Ireland has second worst staff-student ratio in higher education in OECD

Ireland has second worst staff-student ratio in higher education in OECD

Ireland’s higher education staff-to-student ratio stands at one staff member to every 23 students, while the OECD average is one to 17. File picture

Ireland has one of the worst staff-to-student ratios in higher education out of almost 40 countries in the Organisation for Economic Cooperation and Development (OECD).

Only Colombia has a worse student-staff ratio in tertiary education than Ireland out of 38 countries analyzed by the body as part of ‘Education at a Glance 2023’. Ireland’s higher education staff-to-student ratio stands at one staff member to every 23 students, while the OECD average is one to 17.

The report also shows that Ireland’s share of per-capita GDP allocated to education is under 15%, which is significantly less than the OECD average of 27%.

Its publication has prompted the Irish Federation of University Teachers to criticise the Government for “the continued failure” to adequately fund higher education.

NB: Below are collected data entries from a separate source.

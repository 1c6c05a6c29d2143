ghost use Rattle.std.specs.Prelude.{◌≤◌, [], map, IfOk};
ghost use Rattle.pb_do_syntax.specs.Calls.{calls_of, branches_of, foreach, loop, choice};
ghost use Rattle.pb_do_syntax.specs.Plain.{plain_sub, plain_statement, plain_block};
ghost use Rattle.pb_do_syntax.specs.Inlining.{Inlines, InlinesAll, InlinesBranches, block_behind};
ghost use Rattle.pb_do_inline.specs.Ends.{written, offered, site_of, Ends};
ghost use Rattle.pb_do_inline.specs.Frames.{FrameInlines, Steps, Advances, grown_by};

use crate::count::Count;
use crate::frame::Frame;
use crate::halt::Halt;
use crate::output::{Offer, Output};
use crate::plain::{again, allreduce, barrier, iteration, named_loop};
use crate::site::Site;
use crate::subs::Subs;
use pb_do_syntax::{CallBlock, CallStatement};
use pb_syntax::{End, RangeText, Spot};
use pb_text::Place;

impl Subs<'_> {
    // The statements of a list, each call replaced. `left` is how many more braces may be opened.
    #[cycle(inlines)]
    pub(crate) fn statements(
        &self,
        list: &[CallStatement],
        site: &Site,
        left: usize,
        out: &mut Output,
    ) -> Result<(), Halt>
        ensures ends { Ends result (λ _. written out.new) (InlinesAll (map plain_sub self.now.list.now) (site_of (map plain_sub self.now.list.now) site.now left) (calls_of (map plain_statement list.now)) (written out.old)) }
        ensures grows { IfOk result (λ _. out.old.count.n ≤ out.new.count.n) }
    {
        for statement in list {
            self.statement(statement, site, left, out)?;
        }
        Ok(())
    }

    #[cycle(inlines)]
    fn statement(
        &self,
        statement: &CallStatement,
        site: &Site,
        left: usize,
        out: &mut Output,
    ) -> Result<(), Halt>
        ensures ends { Ends result (λ _. written out.new) (Inlines (map plain_sub self.now.list.now) (site_of (map plain_sub self.now.list.now) site.now left) (plain_statement statement.now) (written out.old)) }
        ensures grows { IfOk result (λ _. out.old.count.n ≤ out.new.count.n) }
    {
        match self.step(statement, site, left, out)? {
            Some(frame) => self.run(frame, left, out),
            None => Ok(()),
        }
    }

    // A call that begins, with all the calls in it.
    #[cycle(inlines)]
    fn run(&self, first: Frame, left: usize, out: &mut Output) -> Result<(), Halt>
        ensures ends { Ends result (λ _. written out.new) (FrameInlines self.now.list.now left first (written out.old)) }
        ensures grows { IfOk result (λ _. out.old.count.n ≤ out.new.count.n) }
    {
        let mut frames = Vec::new(self.alloc);
        frames.push(first)?;
        while let Some(mut frame) = frames.pop() {
            if let Some(callee) = self.advance(&mut frame, left, out)? {
                frames.push(frame)?;
                frames.push(callee)?;
            }
        }
        Ok(())
    }

    // Goes on with a call, up to the next call in it.
    #[cycle(inlines)]
    fn advance(
        &self,
        frame: &mut Frame,
        left: usize,
        out: &mut Output,
    ) -> Result<Option<Frame>, Halt>
        ensures steps { Advances self.now.list.now left result frame.old frame.new (written out.old) (written out.new) }
        ensures grows { IfOk result (λ next. grown_by next out.old.count.n ≤ out.new.count.n) }
    {
        let Some(sub) = self.list.get(frame.body) else {
            return Ok(None);
        };
        for i in frame.next..sub.body.list.len() {
            if let Some(callee) = self.step(&sub.body.list[i], &frame.site, left, out)? {
                frame.next = i + 1;
                return Ok(Some(callee));
            }
        }
        Ok(None)
    }

    // One statement, or the call that it begins.
    #[cycle(inlines)]
    fn step(
        &self,
        statement: &CallStatement,
        site: &Site,
        left: usize,
        out: &mut Output,
    ) -> Result<Option<Frame>, Halt>
        ensures steps { Steps self.now.list.now left result (written out.new) (Inlines (map plain_sub self.now.list.now) (site_of (map plain_sub self.now.list.now) site.now left) (plain_statement statement.now) (written out.old)) }
        ensures grows { IfOk result (λ next. grown_by next out.old.count.n ≤ out.new.count.n) }
    {
        match statement {
            CallStatement::Do { place, sub, args } => self.enter(
                *place, sub, args, site, left, out,
            ),
            CallStatement::Foreach {
                place,
                var,
                range,
                items,
            } => self.foreach(*place, var, range, items, site, left, out),
            CallStatement::Rec { place, name, body } => {
                self.recursion(*place, name, body, site, left, out)
            }
            CallStatement::Choice {
                place,
                kernel,
                at,
                branches,
            } => self.choice(*place, kernel, at, branches, site, left, out),
            CallStatement::Message {
                label,
                payload,
                from,
                to,
            } => site.add(
                self.message(label, *payload, from, to, site),
                label.place,
                left,
                out,
            ),
            CallStatement::Continue { place, name } => {
                site.add(again(*place, name), *place, left, out)
            }
            CallStatement::Compute { place, kernel, at } => {
                site.add(self.compute(*place, kernel, at, site), *place, left, out)
            }
            CallStatement::Barrier { place } => site.add(barrier(*place), *place, left, out),
            CallStatement::Broadcast {
                place,
                label,
                payload,
                from,
            } => site.add(
                self.broadcast(*place, label, *payload, from, site),
                *place,
                left,
                out,
            ),
            CallStatement::Reduce {
                place,
                label,
                payload,
                op,
                to,
            } => site.add(
                self.reduce(*place, label, *payload, *op, to, site),
                *place,
                left,
                out,
            ),
            CallStatement::Allreduce {
                place,
                label,
                payload,
                op,
            } => site.add(allreduce(*place, label, *payload, *op), *place, left, out),
        }
    }

    #[cycle(inlines)]
    fn foreach(
        &self,
        place: Place,
        var: &Spot,
        range: &RangeText,
        items: &CallBlock,
        site: &Site,
        left: usize,
        out: &mut Output,
    ) -> Result<Option<Frame>, Halt>
        ensures steps { Steps self.now.list.now left result (written out.new) (Inlines (map plain_sub self.now.list.now) (site_of (map plain_sub self.now.list.now) site.now left) (foreach place var.now range.now (plain_block items.now).place (plain_block items.now).list) (written out.old)) }
        ensures grows { IfOk result (λ next. grown_by next out.old.count.n ≤ out.new.count.n) }
    {
        out.count_one(true, left, site.blamed(place))?;
        let inner = self.block(&items.list, site, left - 1, out.count)?;
        let count = inner.count;
        out.close(iteration(place, var, range, items, inner.list), count)?;
        Ok(None)
    }

    #[cycle(inlines)]
    fn recursion(
        &self,
        place: Place,
        name: &Spot,
        body: &CallBlock,
        site: &Site,
        left: usize,
        out: &mut Output,
    ) -> Result<Option<Frame>, Halt>
        ensures steps { Steps self.now.list.now left result (written out.new) (Inlines (map plain_sub self.now.list.now) (site_of (map plain_sub self.now.list.now) site.now left) (loop place name.now (plain_block body.now).place (plain_block body.now).list) (written out.old)) }
        ensures grows { IfOk result (λ next. grown_by next out.old.count.n ≤ out.new.count.n) }
    {
        out.count_one(true, left, site.blamed(place))?;
        let inner = self.block(&body.list, site, left - 1, out.count)?;
        let count = inner.count;
        out.close(named_loop(place, name, body, inner.list), count)?;
        Ok(None)
    }

    #[cycle(inlines)]
    fn choice(
        &self,
        place: Place,
        kernel: &Spot,
        at: &End,
        branches: &[CallBlock],
        site: &Site,
        left: usize,
        out: &mut Output,
    ) -> Result<Option<Frame>, Halt>
        ensures steps { Steps self.now.list.now left result (written out.new) (Inlines (map plain_sub self.now.list.now) (site_of (map plain_sub self.now.list.now) site.now left) (choice place kernel.now at.now (branches_of (map plain_block branches.now))) (written out.old)) }
        ensures grows { IfOk result (λ next. grown_by next out.old.count.n ≤ out.new.count.n) }
    {
        out.count_one(true, left, site.blamed(place))?;
        let inner = self.branches(branches, site, left - 1, out.count)?;
        let count = inner.count;
        out.close(self.offer(place, kernel, at, site, inner.list), count)?;
        Ok(None)
    }

    // The statements of a block that begins behind so many.
    #[cycle(inlines)]
    fn block(
        &self,
        list: &[CallStatement],
        site: &Site,
        left: usize,
        count: Count,
    ) -> Result<Output, Halt>
        ensures ends { Ends result (λ o. written o) (InlinesAll (map plain_sub self.now.list.now) (site_of (map plain_sub self.now.list.now) site.now left) (calls_of (map plain_statement list.now)) (block_behind count.n)) }
        ensures grows { IfOk result (λ o. count.n ≤ o.count.n) }
    {
        let mut inner = Output::behind(self.alloc, count);
        self.statements(list, site, left, &mut inner)?;
        Ok(inner)
    }

    #[cycle(inlines)]
    fn branches(
        &self,
        branches: &[CallBlock],
        site: &Site,
        left: usize,
        count: Count,
    ) -> Result<Offer, Halt>
        ensures ends { Ends result (λ o. offered o) (InlinesBranches (map plain_sub self.now.list.now) (site_of (map plain_sub self.now.list.now) site.now left) (branches_of (map plain_block branches.now)) (record { list = []; count = count.n })) }
        ensures grows { IfOk result (λ o. count.n ≤ o.count.n) }
    {
        let mut offer = Offer {
            list: Vec::new(self.alloc),
            count,
        };
        for branch in branches {
            let inner = self.block(&branch.list, site, left, offer.count)?;
            offer.branch(branch.place, inner)?;
        }
        Ok(offer)
    }
}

“We are not just concerned with the levels of investment in higher education," IFUT general secretary, Frank Jones said. “We wanted to see what the OECD report told us about working and learning conditions in the sector.”

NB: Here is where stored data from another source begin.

//! Reads a program text: what is left of its bytes where they are erased is read as a plain text, its rows say what the labels carry,
//! and the text is taken where printing it again gives the very bytes. It takes time and memory linear in the text.
#![tactic(auto)]

mod calls;
mod erase;
mod frame;
mod line;
mod read;
mod rows;

pub use pb_typed_types::{Carried, Constant, Types};
pub use read::{ProgramFault, ProgramText, read_program};
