//! The first lines of functions, and of their bodies.

ghost use Rattle.std.specs.Prelude.{◌≡◌, ◌++◌, OnOk, codes};
ghost use Rattle.pb_local.specs.Pieces.{line};
ghost use Rattle.pb_ctree.specs.Frame.{element_text};
ghost use Rattle.pb_typed.specs.Frame.{to_end, from_end, typed_make_head, typed_take_head, room_head, marker_of};

use crate::lines::{push_begun, push_declared, push_text};
use pb_ctree::{CoreLabel, Payload};
use pb_text::NoMemory;
use pb_typed_types::Carried;
use pb_types::Element;

fn to_end() -> &'static [u8]
    ensures { result.now ≡ to_end }
{
    b"(int32_t N, int32_t role, int32_t index, int32_t to_role, int32_t to_index, "
}

fn from_end() -> &'static [u8]
    ensures { result.now ≡ from_end }
{
    b"(int32_t N, int32_t role, int32_t index, int32_t from_role, int32_t from_index, "
}

fn words_type(payload: Payload) -> &'static [u8]
    ensures { result.now ≡ element_text payload }
{
    match payload {
        Payload::Unit => b"uint32_t",
        Payload::Int32(_) => b"int32_t",
        Payload::Uint32(_) => b"uint32_t",
    }
}

/// Appends the first line of the function that makes what a label carries.
pub fn push_make_head(
    out: &mut Vec<u8>,
    label: &CoreLabel,
    carried: Carried,
) -> Result<(), NoMemory>
    ensures { OnOk result (out.new.items ≡ out.old.items ++ line 0 (typed_make_head carried label.now)) }
{
    let name = label.name.bytes();
    match carried {
        Carried::Words => push_begun(
            out,
            b"static void make_",
            name,
            &[to_end(), words_type(label.payload), b" *v)"],
        ),
        Carried::Fixed { element, .. } => push_begun(
            out,
            b"static void make_",
            name,
            &[to_end(), element.c_name(), b" *v)"],
        ),
        Carried::Open { element } => push_declared(
            out,
            b"static const ",
            element.c_name(),
            b" *make_",
            name,
            &[to_end(), b"int *count)"],
        ),
    }
}

/// Appends the first line of the function that gives room for a label's elements.
pub fn push_room_head(
    out: &mut Vec<u8>,
    label: &CoreLabel,
    element: Element,
) -> Result<(), NoMemory>
    ensures { OnOk result (out.new.items ≡ out.old.items ++ line 0 (room_head element label.now)) }
{
    push_declared(
        out,
        b"static ",
        element.c_name(),
        b" *room_",
        label.name.bytes(),
        &[from_end(), b"int *most)"],
    )
}

/// Appends the first line of the function that takes what a label carries.
pub fn push_take_head(
    out: &mut Vec<u8>,
    label: &CoreLabel,
    carried: Carried,
) -> Result<(), NoMemory>
    ensures { OnOk result (out.new.items ≡ out.old.items ++ line 0 (typed_take_head carried label.now)) }
{
    let name = label.name.bytes();
    match carried {
        Carried::Words => push_begun(
            out,
            b"static void take_",
            name,
            &[from_end(), b"const ", words_type(label.payload), b" *v)"],
        ),
        Carried::Fixed { element, .. } => push_begun(
            out,
            b"static void take_",
            name,
            &[from_end(), b"const ", element.c_name(), b" *v)"],
        ),
        Carried::Open { element } => push_begun(
            out,
            b"static void take_",
            name,
            &[from_end(), b"const ", element.c_name(), b" *v, int count)"],
        ),
    }
}

/// Appends the line that opens the body that gives room for a label's elements.
pub fn push_room_marker(out: &mut Vec<u8>, label: &CoreLabel) -> Result<(), NoMemory>
    ensures { OnOk result (out.new.items ≡ out.old.items ++ line 0 (marker_of (codes "room_" ++ label.now.name))) }
{
    push_text(
        out,
        0,
        &[b"/*@ kernel ", b"room_", label.name.bytes(), b" */"],
    )
}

Ireland was also found to have one of the highest rates of students finishing secondary school education and is one of a small number of countries to achieve near-universal school completion amongst younger adults.  

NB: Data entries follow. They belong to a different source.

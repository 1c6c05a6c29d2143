//! The lines of main that call kernel functions and MPI.

use crate::line::{behind, behind_word, name, unindented};
use crate::rows::Rows;
use pb_cprint_lines::{count_of, received_into, sent_from, type_name};
use pb_ctree::Payload;
use pb_text::{NoMemory, push_decimal};

/// The buffer that stands in a plain call of `take_`.
#[derive(Clone, Copy)]
pub enum Buffer {
    Sent,
    Received,
}

/// How the call of MPI in a line uses the buffers.
#[derive(Clone, Copy)]
enum Use {
    Send,
    Receive,
    Share,
    Reduce,
}

/// The buffer that a `take_` behind this line has, where it calls MPI.
pub fn buffer_behind(line: &[u8], before: Buffer) -> Buffer {
    let (_, call) = unindented(line);
    if call.starts_with(b"MPI_Bcast(") {
        Buffer::Sent
    } else if call.starts_with(b"MPI_") {
        Buffer::Received
    } else {
        before
    }
}

/// Whether a line of main has no line in its place in the plain text.
pub fn is_further(line: &[u8]) -> bool {
    let (_, call) = unindented(line);
    let fronts: [&[u8]; 5] = [b"PABBLE(", b"t_", b"m_", b"n_", b"MPI_Get_count("];
    fronts.iter().any(|front| call.starts_with(*front))
}

/// Appends the plain line of a line of main.
pub fn push_plain(
    out: &mut Vec<u8>,
    rows: &Rows,
    line: &[u8],
    buffer: Buffer,
) -> Result<(), NoMemory> {
    let (indent, call) = unindented(line);
    let (root, call) = root_of(call);
    if let Some(payload) = made_in(rows, call) {
        push_call(out, indent, root, b"make_", call, sent_from(payload))
    } else if let Some(payload) = taken_in(rows, call) {
        push_call(
            out,
            indent,
            root,
            b"take_",
            call,
            buffer_of(payload, buffer),
        )
    } else {
        push_mpi(out, rows, line)
    }
}

fn buffer_of(payload: Payload, buffer: Buffer) -> &'static [u8] {
    match buffer {
        Buffer::Sent => sent_from(payload),
        Buffer::Received => received_into(payload),
    }
}

/// The condition in front that the rank is the root, and the rest.
fn root_of(call: &[u8]) -> (&[u8], &[u8]) {
    if !call.starts_with(b"if (R == ") || call.ends_with(b"{\n") {
        return (b"", call);
    }
    match behind(b')', call) {
        Some(rest) => match rest.strip_prefix(b" ") {
            Some(rest) => (
                call.get(..call.len().saturating_sub(rest.len()))
                    .unwrap_or(b""),
                rest,
            ),
            None => (b"", call),
        },
        None => (b"", call),
    }
}

/// The payload of the label that is made.
fn made_in(rows: &Rows, call: &[u8]) -> Option<Payload> {
    payload_of(rows, made_name(call)?)
}

/// What stands behind `make_`, also where what it gives is kept.
fn made_name(call: &[u8]) -> Option<&[u8]> {
    match call.strip_prefix(b"make_") {
        Some(rest) => Some(rest),
        None => {
            let text = call.strip_prefix(b"s_")?;
            behind_word(text).strip_prefix(b" = make_")
        }
    }
}

fn taken_in(rows: &Rows, call: &[u8]) -> Option<Payload> {
    payload_of(rows, call.strip_prefix(b"take_")?)
}

/// The payload of the label whose name stands in front.
fn payload_of(rows: &Rows, text: &[u8]) -> Option<Payload> {
    let name = name(text)?;
    let row = rows.label(&name)?;
    Some(row.payload)
}

/// Appends a plain call of a kernel function on a buffer.
fn push_call(
    out: &mut Vec<u8>,
    indent: &[u8],
    root: &[u8],
    front: &[u8],
    call: &[u8],
    buffer: &[u8],
) -> Result<(), NoMemory> {
    let text = made_name(call).unwrap_or(call.strip_prefix(b"take_").unwrap_or(call));
    let Some(label) = name(text) else {
        return Ok(());
    };
    out.extend_from_slice(indent)?;
    out.extend_from_slice(root)?;
    out.extend_from_slice(front)?;
    out.extend_from_slice(label.bytes())?;
    out.extend_from_slice(b"(N, R, I, ")?;
    out.extend_from_slice(buffer)?;
    out.extend_from_slice(b");\n")?;
    Ok(())
}

/// How a call of MPI uses the buffers, where the line is one with a typed label, and what stands behind its bracket.
fn use_of(call: &[u8]) -> Option<(Use, &[u8])> {
    if let Some(data) = call.strip_prefix(b"MPI_Send(") {
        Some((Use::Send, data))
    } else if let Some(data) = call.strip_prefix(b"MPI_Recv(") {
        Some((Use::Receive, data))
    } else if let Some(data) = call.strip_prefix(b"MPI_Bcast(") {
        Some((Use::Share, data))
    } else if let Some(data) = call.strip_prefix(b"MPI_Reduce(") {
        Some((Use::Reduce, data))
    } else {
        let data = call.strip_prefix(b"MPI_Allreduce(")?;
        Some((Use::Reduce, data))
    }
}

/// Appends the plain line of a line that may call MPI.
fn push_mpi(out: &mut Vec<u8>, rows: &Rows, line: &[u8]) -> Result<(), NoMemory> {
    match typed_call(rows, line) {
        Some((usage, payload, data)) => push_typed(out, line, usage, payload, data),
        None => {
            out.extend_from_slice(line)?;
            Ok(())
        }
    }
}

/// What a call of MPI with a typed label uses, the label's payload, and the data behind the bracket.
fn typed_call<'a>(rows: &Rows, line: &'a [u8]) -> Option<(Use, Payload, &'a [u8])> {
    let (_, call) = unindented(line);
    let (usage, data) = use_of(call)?;
    let text = match data.strip_prefix(b"s_") {
        Some(text) => text,
        None => data.strip_prefix(b"t_")?,
    };
    Some((usage, payload_of(rows, text)?, data))
}

/// Appends a call of MPI with plain data.
fn push_typed(
    out: &mut Vec<u8>,
    line: &[u8],
    usage: Use,
    payload: Payload,
    data: &[u8],
) -> Result<(), NoMemory> {
    let front = line
        .get(..line.len().saturating_sub(data.len()))
        .unwrap_or(b"");
    out.extend_from_slice(front)?;
    push_data(out, usage, payload)?;
    let rest = rest_of(usage, data).unwrap_or(b"");
    match rest.strip_suffix(b"&st);\n") {
        Some(rest) => {
            out.extend_from_slice(rest)?;
            out.extend_from_slice(b"MPI_STATUS_IGNORE);\n")?;
        }
        None => out.extend_from_slice(rest)?,
    }
    Ok(())
}

/// What stands behind buffers, count and type, with its comma.
fn rest_of(usage: Use, data: &[u8]) -> Option<&[u8]> {
    let behind_first = behind(b',', data)?;
    let behind_second = behind(b',', behind_first)?;
    let last = match usage {
        Use::Send | Use::Receive | Use::Share => behind_second,
        Use::Reduce => behind(b',', behind_second)?,
    };
    let len = last.iter().take_while(|byte| **byte != b',').count();
    last.get(len..)
}

/// Appends the plain buffers, count and type.
fn push_data(out: &mut Vec<u8>, usage: Use, payload: Payload) -> Result<(), NoMemory> {
    match usage {
        Use::Send | Use::Share => out.extend_from_slice(sent_from(payload))?,
        Use::Receive => out.extend_from_slice(received_into(payload))?,
        Use::Reduce => {
            out.extend_from_slice(sent_from(payload))?;
            out.extend_from_slice(b", ")?;
            out.extend_from_slice(received_into(payload))?;
        }
    }
    out.extend_from_slice(b", ")?;
    push_decimal(out, u64::from(count_of(payload)))?;
    out.extend_from_slice(b", ")?;
    out.extend_from_slice(type_name(payload))?;
    Ok(())
}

Ireland was also one of a "handful" of countries where spending on childcare fell as a result of the rising number of children. The number of children enrolled was found to have outstripped the increase in expenditure in Ireland, resulting in expenditure per child falling by 4% between 2015 and 2020. 

Spending on education

Meanwhile, Ireland was found to spend less on education as a percentage of its gross domestic product (GDP) than almost all OECD countries. However, the report noted that a large share of total government expenditure devoted to education does not necessarily translate into a large share relative to a country’s GDP.

In Ireland's case, it allocates 12% of its total government expenditure towards primary to tertiary education, which is more than the OECD average of 10%. Relative to its GDP, this expenditure is relatively low at 3.2% compared to the OECD average of 4.7%. 

The report notes that this could be linked to Ireland’s GDP being inflated by the large number of tech companies that have their legal headquarters here for tax purposes. 

The three teachers' unions have called on the Government to provide further investment in education as part of the upcoming budget. “Large class sizes, insufficient staffing, and inadequate classrooms and buildings must be addressed," said ASTI president Geraldine O’Brien.

TUI President David Waters said: "Inadequate teaching allocations to schools and the failure to restore middle-management positions have long been identified by TUI as key drivers of the current teacher recruitment and retention crisis, so this continuing failure to invest appropriately has had extremely damaging effects on the profession and ultimately on the service to students." 

Primary and special schools are already under financial strain two weeks into the academic year, according to INTO general secretary John Boyle. "To plan properly, schools must be provided with adequate funding and certainty regarding payment dates prior to the start of the school year."